#### [Your task]
Find and return every line of the data that contains the word "well".

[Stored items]
^^^^

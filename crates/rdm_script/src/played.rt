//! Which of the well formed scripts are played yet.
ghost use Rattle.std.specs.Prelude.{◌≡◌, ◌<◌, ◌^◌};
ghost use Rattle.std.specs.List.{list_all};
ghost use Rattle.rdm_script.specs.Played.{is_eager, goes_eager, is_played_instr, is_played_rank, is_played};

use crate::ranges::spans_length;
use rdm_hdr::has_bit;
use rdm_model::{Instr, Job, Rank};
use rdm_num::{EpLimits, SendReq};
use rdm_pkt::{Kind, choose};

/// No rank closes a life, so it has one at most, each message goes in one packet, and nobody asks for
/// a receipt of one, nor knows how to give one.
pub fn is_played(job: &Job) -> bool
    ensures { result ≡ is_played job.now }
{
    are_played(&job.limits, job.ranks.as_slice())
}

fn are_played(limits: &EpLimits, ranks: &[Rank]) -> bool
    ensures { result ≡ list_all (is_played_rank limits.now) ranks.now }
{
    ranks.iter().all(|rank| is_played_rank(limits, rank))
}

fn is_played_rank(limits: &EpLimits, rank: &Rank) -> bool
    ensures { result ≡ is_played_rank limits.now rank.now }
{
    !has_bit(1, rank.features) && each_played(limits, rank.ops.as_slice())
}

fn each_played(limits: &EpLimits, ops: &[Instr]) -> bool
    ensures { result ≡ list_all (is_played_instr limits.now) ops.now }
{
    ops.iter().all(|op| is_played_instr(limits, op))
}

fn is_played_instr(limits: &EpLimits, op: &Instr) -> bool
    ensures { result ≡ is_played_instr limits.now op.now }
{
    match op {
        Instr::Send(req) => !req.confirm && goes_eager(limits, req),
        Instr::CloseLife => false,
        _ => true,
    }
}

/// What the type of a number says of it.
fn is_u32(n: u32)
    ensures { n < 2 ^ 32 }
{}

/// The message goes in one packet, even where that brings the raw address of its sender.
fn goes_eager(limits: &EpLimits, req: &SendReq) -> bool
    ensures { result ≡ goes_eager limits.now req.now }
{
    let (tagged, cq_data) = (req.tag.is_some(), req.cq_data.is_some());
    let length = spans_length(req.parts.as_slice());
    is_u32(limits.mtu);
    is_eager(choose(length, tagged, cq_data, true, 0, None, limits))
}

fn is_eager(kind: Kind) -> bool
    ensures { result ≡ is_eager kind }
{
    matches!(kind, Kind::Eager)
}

^^^^

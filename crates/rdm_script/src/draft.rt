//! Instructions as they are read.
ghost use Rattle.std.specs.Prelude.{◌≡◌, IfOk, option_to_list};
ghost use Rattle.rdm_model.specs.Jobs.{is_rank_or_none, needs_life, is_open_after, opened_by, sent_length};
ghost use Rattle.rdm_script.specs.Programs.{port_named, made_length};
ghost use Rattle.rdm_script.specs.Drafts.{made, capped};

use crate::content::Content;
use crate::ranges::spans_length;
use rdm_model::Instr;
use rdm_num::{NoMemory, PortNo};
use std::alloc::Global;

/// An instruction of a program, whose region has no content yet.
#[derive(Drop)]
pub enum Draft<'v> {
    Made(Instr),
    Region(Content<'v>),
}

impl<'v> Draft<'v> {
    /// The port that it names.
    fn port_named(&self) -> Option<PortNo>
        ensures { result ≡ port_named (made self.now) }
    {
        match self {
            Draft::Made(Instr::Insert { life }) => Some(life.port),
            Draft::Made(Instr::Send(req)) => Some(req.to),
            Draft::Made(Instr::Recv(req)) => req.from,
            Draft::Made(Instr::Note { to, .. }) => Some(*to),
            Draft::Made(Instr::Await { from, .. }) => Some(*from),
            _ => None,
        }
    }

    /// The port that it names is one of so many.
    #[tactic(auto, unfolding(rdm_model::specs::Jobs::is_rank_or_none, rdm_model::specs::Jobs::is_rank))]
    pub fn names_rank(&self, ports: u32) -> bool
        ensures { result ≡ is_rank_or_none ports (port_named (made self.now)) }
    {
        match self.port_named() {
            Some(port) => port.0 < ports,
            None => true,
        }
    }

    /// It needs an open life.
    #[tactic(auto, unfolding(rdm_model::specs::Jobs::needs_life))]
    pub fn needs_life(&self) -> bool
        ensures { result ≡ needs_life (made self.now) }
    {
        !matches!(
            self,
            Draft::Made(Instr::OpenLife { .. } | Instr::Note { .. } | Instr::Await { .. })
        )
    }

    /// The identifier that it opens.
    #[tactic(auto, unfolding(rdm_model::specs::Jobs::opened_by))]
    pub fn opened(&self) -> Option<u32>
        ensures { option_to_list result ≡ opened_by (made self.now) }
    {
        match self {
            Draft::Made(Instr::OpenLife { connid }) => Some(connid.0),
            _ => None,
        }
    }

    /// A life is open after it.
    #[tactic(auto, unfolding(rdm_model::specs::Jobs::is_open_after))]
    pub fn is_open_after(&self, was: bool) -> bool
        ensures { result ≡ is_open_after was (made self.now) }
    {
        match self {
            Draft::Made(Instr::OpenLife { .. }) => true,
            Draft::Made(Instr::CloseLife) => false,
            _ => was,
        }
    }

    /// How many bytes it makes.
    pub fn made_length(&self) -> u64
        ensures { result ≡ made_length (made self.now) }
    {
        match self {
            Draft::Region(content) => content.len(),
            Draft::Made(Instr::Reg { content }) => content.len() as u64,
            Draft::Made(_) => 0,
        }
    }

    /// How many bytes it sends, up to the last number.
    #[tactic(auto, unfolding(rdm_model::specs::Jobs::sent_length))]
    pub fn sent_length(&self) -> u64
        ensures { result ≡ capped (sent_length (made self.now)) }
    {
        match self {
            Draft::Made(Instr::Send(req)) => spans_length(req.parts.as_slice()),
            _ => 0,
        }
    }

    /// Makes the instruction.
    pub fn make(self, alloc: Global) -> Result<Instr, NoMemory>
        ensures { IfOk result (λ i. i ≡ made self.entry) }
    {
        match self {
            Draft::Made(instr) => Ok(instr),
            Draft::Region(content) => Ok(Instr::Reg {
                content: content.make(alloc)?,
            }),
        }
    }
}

^^^^

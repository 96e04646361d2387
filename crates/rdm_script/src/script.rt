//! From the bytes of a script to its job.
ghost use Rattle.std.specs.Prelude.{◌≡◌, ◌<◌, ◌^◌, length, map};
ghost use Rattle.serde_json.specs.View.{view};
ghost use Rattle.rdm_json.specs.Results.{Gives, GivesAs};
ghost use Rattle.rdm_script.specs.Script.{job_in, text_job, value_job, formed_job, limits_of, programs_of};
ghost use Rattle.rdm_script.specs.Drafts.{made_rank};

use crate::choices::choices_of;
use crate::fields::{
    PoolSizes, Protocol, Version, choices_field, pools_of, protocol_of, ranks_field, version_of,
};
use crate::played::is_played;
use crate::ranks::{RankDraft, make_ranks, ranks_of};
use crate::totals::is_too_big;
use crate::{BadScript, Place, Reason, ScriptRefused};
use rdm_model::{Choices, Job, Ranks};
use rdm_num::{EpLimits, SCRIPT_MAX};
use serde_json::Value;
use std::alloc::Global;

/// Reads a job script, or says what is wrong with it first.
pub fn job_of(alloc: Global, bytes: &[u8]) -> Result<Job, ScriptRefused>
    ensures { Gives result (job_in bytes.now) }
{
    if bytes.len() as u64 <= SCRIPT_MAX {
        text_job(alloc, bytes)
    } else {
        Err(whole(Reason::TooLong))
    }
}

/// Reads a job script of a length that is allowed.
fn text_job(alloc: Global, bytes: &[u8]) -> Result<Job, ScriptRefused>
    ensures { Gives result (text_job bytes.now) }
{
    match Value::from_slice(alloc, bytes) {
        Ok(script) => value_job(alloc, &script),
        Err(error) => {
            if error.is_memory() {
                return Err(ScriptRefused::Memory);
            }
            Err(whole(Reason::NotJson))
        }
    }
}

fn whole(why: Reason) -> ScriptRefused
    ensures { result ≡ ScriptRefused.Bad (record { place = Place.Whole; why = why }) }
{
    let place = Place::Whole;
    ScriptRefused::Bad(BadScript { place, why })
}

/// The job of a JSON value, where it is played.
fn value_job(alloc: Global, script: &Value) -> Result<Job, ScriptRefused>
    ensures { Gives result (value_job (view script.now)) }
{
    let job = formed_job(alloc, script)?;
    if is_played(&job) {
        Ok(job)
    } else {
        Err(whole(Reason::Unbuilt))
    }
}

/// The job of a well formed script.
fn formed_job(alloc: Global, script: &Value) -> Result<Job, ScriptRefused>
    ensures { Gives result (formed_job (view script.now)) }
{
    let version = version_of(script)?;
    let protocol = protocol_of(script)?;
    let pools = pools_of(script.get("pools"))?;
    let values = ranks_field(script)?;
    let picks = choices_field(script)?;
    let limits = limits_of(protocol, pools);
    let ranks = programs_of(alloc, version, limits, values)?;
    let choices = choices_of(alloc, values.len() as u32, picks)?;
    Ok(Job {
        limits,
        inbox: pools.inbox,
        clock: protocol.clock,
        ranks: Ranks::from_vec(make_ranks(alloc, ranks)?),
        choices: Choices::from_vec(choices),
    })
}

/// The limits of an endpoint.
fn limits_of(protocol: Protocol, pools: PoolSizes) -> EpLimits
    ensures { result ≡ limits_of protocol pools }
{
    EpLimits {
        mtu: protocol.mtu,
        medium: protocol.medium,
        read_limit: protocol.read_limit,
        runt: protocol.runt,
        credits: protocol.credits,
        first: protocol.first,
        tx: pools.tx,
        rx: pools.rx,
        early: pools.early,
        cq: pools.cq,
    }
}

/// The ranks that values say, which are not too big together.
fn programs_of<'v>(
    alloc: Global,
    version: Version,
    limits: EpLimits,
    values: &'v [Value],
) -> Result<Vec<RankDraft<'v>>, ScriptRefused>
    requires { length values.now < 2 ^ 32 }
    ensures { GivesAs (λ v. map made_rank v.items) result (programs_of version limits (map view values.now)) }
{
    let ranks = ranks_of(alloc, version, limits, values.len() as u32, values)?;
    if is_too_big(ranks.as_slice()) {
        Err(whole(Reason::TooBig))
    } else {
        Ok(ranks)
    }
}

^^^^

#### [Task result]
//! Which of the well formed scripts are played yet.
/// The job of a well formed script.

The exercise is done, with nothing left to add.